-- What you need to do --
Tally how many lines in the data hold the word "Pending", and give the result with no other text.

Records supplied Start Marker

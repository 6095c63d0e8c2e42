//! The object already there that an ask gives a handle for.
ghost use Rattle.std.specs.Prelude.{◌≡◌, option_and_then};
ghost use Rattle.jlr_machine.specs.Edges.{slot_in};
ghost use Rattle.jlr_machine.specs.Lookups.{field_named, reference_named, members_named};
ghost use Rattle.jlr_machine.specs.Refusals.{front, gotten, given};

use crate::lookups::{
    bound_slot, named_field, named_members, named_reference, named_slot, referred,
};
use jlr_machine::ask::Ask;
use jlr_machine::machine::Machine;
use jlr_machine::object::Reference;
use jlr_types::{FieldNo, Handle, Mutator, RefKind, Slot};

/// What `get` gives: the referent, but never a phantom reference's.
fn referent_given(reference: &Reference) -> Option<Slot>
    ensures { result ≡ gotten reference.now }
{
    match reference.kind {
        RefKind::Phantom => None,
        RefKind::Soft => reference.referent,
        RefKind::Weak => reference.referent,
    }
}

fn first_of(slots: &[Slot]) -> Option<Slot>
    ensures { result ≡ front slots.now }
{
    slots.first().copied()
}

fn field_given(machine: &Machine, mutator: Mutator, object: Handle, field: FieldNo) -> Option<Slot>
    ensures { result ≡ option_and_then slot_in (field_named machine.now mutator object field) }
{
    match named_field(machine, mutator, object, field) {
        Some(value) => referred(&value),
        None => None,
    }
}

fn deref_given(machine: &Machine, mutator: Mutator, reference: Handle) -> Option<Slot>
    ensures { result ≡ option_and_then gotten (reference_named machine.now mutator reference) }
{
    match named_reference(machine, mutator, reference) {
        Some(reference) => referent_given(&reference),
        None => None,
    }
}

/// The front of the queue that a handle stands for.
pub(crate) fn front_given(machine: &Machine, mutator: Mutator, queue: Handle) -> Option<Slot>
    ensures { result ≡ option_and_then front (members_named machine.now mutator queue) }
{
    match named_members(machine, mutator, queue) {
        Some(members) => first_of(members.as_slice()),
        None => None,
    }
}

/// The object already there that an ask gives a handle for.
pub fn given_by(machine: &Machine, ask: &Ask) -> Option<Slot>
    ensures { result ≡ given machine.now ask.now }
{
    match ask {
        Ask::Get {
            mutator,
            object,
            field,
        } => field_given(machine, *mutator, *object, *field),
        Ask::Dup { mutator, object } => named_slot(machine, *mutator, *object),
        Ask::Deref { mutator, reference } => deref_given(machine, *mutator, *reference),
        Ask::Poll { mutator, queue } => front_given(machine, *mutator, *queue),
        Ask::Remove { mutator, queue } => front_given(machine, *mutator, *queue),
        Ask::Find { name, .. } => bound_slot(machine.names.as_slice(), name.as_slice()),
        _ => None,
    }
}
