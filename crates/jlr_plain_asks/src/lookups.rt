//! What a machine holds, looked up in its tables and lists.
ghost use Rattle.std.specs.Prelude.{◌≡◌, ◌≤◌, length, option_and_then, option_copied};
ghost use Rattle.jlr_machine.specs.Objects.{at, occupied, as_fields, as_reference, as_members, as_cleanable, as_guard};
ghost use Rattle.jlr_machine.specs.Objects.{is_unqueued, queue_ahead, value_at};
ghost use Rattle.jlr_machine.specs.Edges.{slot_in};
ghost use Rattle.jlr_machine.specs.Lookups.{slot_named, object_named, reference_named, members_named, guard_named};
ghost use Rattle.jlr_machine.specs.Lookups.{field_named, has_free_handle, same_name, slot_bound, job_of, resource_at};
ghost use Rattle.jlr_machine.specs.Lookups.{cleanable_at, cleanable_of_guard};

use jlr_machine::items::Items;
use jlr_machine::machine::{Binding, Job, Machine, Resource, Session};
use jlr_machine::object::{Cleanable, Contents, Guard, Object, RefState, Reference};
use jlr_types::{ActionNo, FieldNo, FieldValue, Handle, Mutator, Rid, Slot};

/// The most handles that a mutator holds.
const HANDLES: usize = 250;

/// The session of a mutator.
pub(crate) fn session_of(machine: &Machine, mutator: Mutator) -> Option<&Session>
    ensures { option_copied result ≡ at machine.now.mutators mutator }
{
    machine.mutators.get(mutator.number() as usize)
}

/// The object at a slot.
pub fn object_at(machine: &Machine, slot: Slot) -> Option<&Object>
    ensures { option_copied result ≡ at machine.now.objects slot }
{
    machine.objects.get(slot.number() as usize)
}

fn held(session: &Session, handle: Handle) -> Option<Slot>
    ensures { result ≡ at session.now.handles handle }
{
    match session.handles.get(handle.number() as usize) {
        Some(slot) => Some(*slot),
        None => None,
    }
}

/// The slot that a handle of a mutator stands for.
pub(crate) fn named_slot(machine: &Machine, mutator: Mutator, handle: Handle) -> Option<Slot>
    ensures { result ≡ slot_named machine.now mutator handle }
{
    match session_of(machine, mutator) {
        Some(session) => held(session, handle),
        None => None,
    }
}

/// The object that a handle of a mutator stands for.
pub(crate) fn named_object(machine: &Machine, mutator: Mutator, handle: Handle) -> Option<&Object>
    ensures { option_copied result ≡ object_named machine.now mutator handle }
{
    match named_slot(machine, mutator, handle) {
        Some(slot) => object_at(machine, slot),
        None => None,
    }
}

/// The fields or elements, if it is a plain object.
pub fn fields_of(object: &Object) -> Option<&Contents>
    ensures { option_copied result ≡ as_fields object.now }
{
    match object {
        Object::Plain(fields) => Some(fields),
        _ => None,
    }
}

/// The reference, if it is one.
pub fn reference_of(object: &Object) -> Option<Reference>
    ensures { result ≡ as_reference object.now }
{
    match object {
        Object::Reference(reference) => Some(*reference),
        _ => None,
    }
}

/// The members, if it is a queue.
pub(crate) fn members_of(object: &Object) -> Option<&Items<Slot>>
    ensures { option_copied result ≡ as_members object.now }
{
    match object {
        Object::Queue(members) => Some(members),
        _ => None,
    }
}

/// The cleanable, if it is one.
pub fn cleanable_of(object: &Object) -> Option<Cleanable>
    ensures { result ≡ as_cleanable object.now }
{
    match object {
        Object::Cleanable(cleanable) => Some(*cleanable),
        _ => None,
    }
}

/// The guard, if it is one.
pub fn guard_of(object: &Object) -> Option<Guard>
    ensures { result ≡ as_guard object.now }
{
    match object {
        Object::Guard(guard) => Some(*guard),
        _ => None,
    }
}

/// The reference that a handle stands for.
pub fn named_reference(machine: &Machine, mutator: Mutator, handle: Handle) -> Option<Reference>
    ensures { result ≡ reference_named machine.now mutator handle }
{
    match named_object(machine, mutator, handle) {
        Some(object) => reference_of(object),
        None => None,
    }
}

/// The members of the queue that a handle stands for.
pub(crate) fn named_members(
    machine: &Machine,
    mutator: Mutator,
    handle: Handle,
) -> Option<&Items<Slot>>
    ensures { option_copied result ≡ members_named machine.now mutator handle }
{
    match named_object(machine, mutator, handle) {
        Some(object) => members_of(object),
        None => None,
    }
}

/// The guard that a handle stands for.
pub(crate) fn named_guard(machine: &Machine, mutator: Mutator, handle: Handle) -> Option<Guard>
    ensures { result ≡ guard_named machine.now mutator handle }
{
    match named_object(machine, mutator, handle) {
        Some(object) => guard_of(object),
        None => None,
    }
}

/// What the field or the element of this number holds.
fn value_of(contents: &Contents, field: FieldNo) -> Option<FieldValue>
    ensures { result ≡ value_at contents.now field }
{
    let place = field.number() as usize;
    match contents {
        Contents::Typed(fields) => fields.as_slice().get(place).copied(),
        Contents::Elements(elements) => elements
            .as_slice()
            .get(place)
            .copied()
            .map(FieldValue::Ref),
    }
}

fn field_of(object: &Object, field: FieldNo) -> Option<FieldValue>
    ensures { result ≡ option_and_then (λ fields. value_at fields field) (as_fields object.now) }
{
    match fields_of(object) {
        Some(contents) => value_of(contents, field),
        None => None,
    }
}

/// The field or the element of the plain object that a handle stands for.
pub fn named_field(
    machine: &Machine,
    mutator: Mutator,
    handle: Handle,
    field: FieldNo,
) -> Option<FieldValue>
    ensures { result ≡ field_named machine.now mutator handle field }
{
    match named_object(machine, mutator, handle) {
        Some(object) => field_of(object, field),
        None => None,
    }
}

/// How many places are taken.
pub fn occupied_handles(handles: &[Option<Slot>]) -> usize
    ensures { result ≡ occupied handles.now }
{
    handles.iter().filter(|place| place.is_some()).count()
}

/// How many places are taken.
pub fn occupied_cells(places: &[Option<Object>]) -> usize
    ensures count { result ≡ occupied places.now }
    ensures within { result ≤ length places.now }
{
    let mut count: usize = 0;
    for place in places {
        if place.is_some() {
            count += 1;
        }
    }
    count
}

/// Whether the mutator may hold one more.
pub(crate) fn handle_is_free(machine: &Machine, mutator: Mutator) -> bool
    ensures { result ≡ has_free_handle machine.now mutator }
{
    match session_of(machine, mutator) {
        Some(session) => occupied_handles(session.handles.as_slice()) < HANDLES,
        None => false,
    }
}

/// Whether two names are the same.
pub fn names_agree(left: &[u8], right: &[u8]) -> bool
    ensures { result ≡ same_name left.now right.now }
{
    if left.len() != right.len() {
        return false;
    }
    for i in 0..left.len() {
        if left[i] != right[i] {
            return false;
        }
    }
    true
}

/// The slot that a name stands for.
pub(crate) fn bound_slot(names: &[Binding], name: &[u8]) -> Option<Slot>
    ensures { result ≡ slot_bound names.now name.now }
{
    for binding in names {
        if names_agree(binding.name.as_slice(), name) {
            return Some(binding.slot);
        }
    }
    None
}

/// The running job of an action.
pub fn running_job(machine: &Machine, action: ActionNo) -> Option<Job>
    ensures { result ≡ job_of machine.now action }
{
    for job in machine.jobs.as_slice() {
        if job.action.number() == action.number() {
            return Some(*job);
        }
    }
    None
}

/// The resource that has a Rid.
pub fn resource_with(machine: &Machine, rid: Rid) -> Option<Resource>
    ensures { result ≡ resource_at machine.now rid }
{
    for resource in machine.resources.as_slice() {
        if resource.rid.number() == rid.number() {
            return Some(*resource);
        }
    }
    None
}

/// The cleanable at a slot.
pub fn cleanable_in(machine: &Machine, slot: Slot) -> Option<Cleanable>
    ensures { result ≡ cleanable_at machine.now slot }
{
    match object_at(machine, slot) {
        Some(object) => cleanable_of(object),
        None => None,
    }
}

/// The slot of the cleanable of the guard that a handle stands for.
pub(crate) fn guarded_cleanable(machine: &Machine, mutator: Mutator, handle: Handle) -> Option<Slot>
    ensures { result ≡ cleanable_of_guard machine.now mutator handle }
{
    match named_guard(machine, mutator, handle) {
        Some(guard) => Some(guard.cleanable),
        None => None,
    }
}

/// The object that a field refers to.
pub fn referred(field: &FieldValue) -> Option<Slot>
    ensures { result ≡ slot_in field.now }
{
    match field {
        FieldValue::Int(_) => None,
        FieldValue::Ref(slot) => *slot,
    }
}

/// Whether it is Fresh or Pending.
fn unqueued(state: RefState) -> bool
    ensures { result ≡ is_unqueued state }
{
    match state {
        RefState::Fresh => true,
        RefState::Pending => true,
        RefState::Queued => false,
        RefState::Removed => false,
    }
}

/// The queue that a reference may still be added to.
pub fn queue_of(reference: &Reference) -> Option<Slot>
    ensures { result ≡ queue_ahead reference.now }
{
    if unqueued(reference.state) {
        return reference.queue;
    }
    None
}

Records supplied End Marker

-- Finished exercise --
2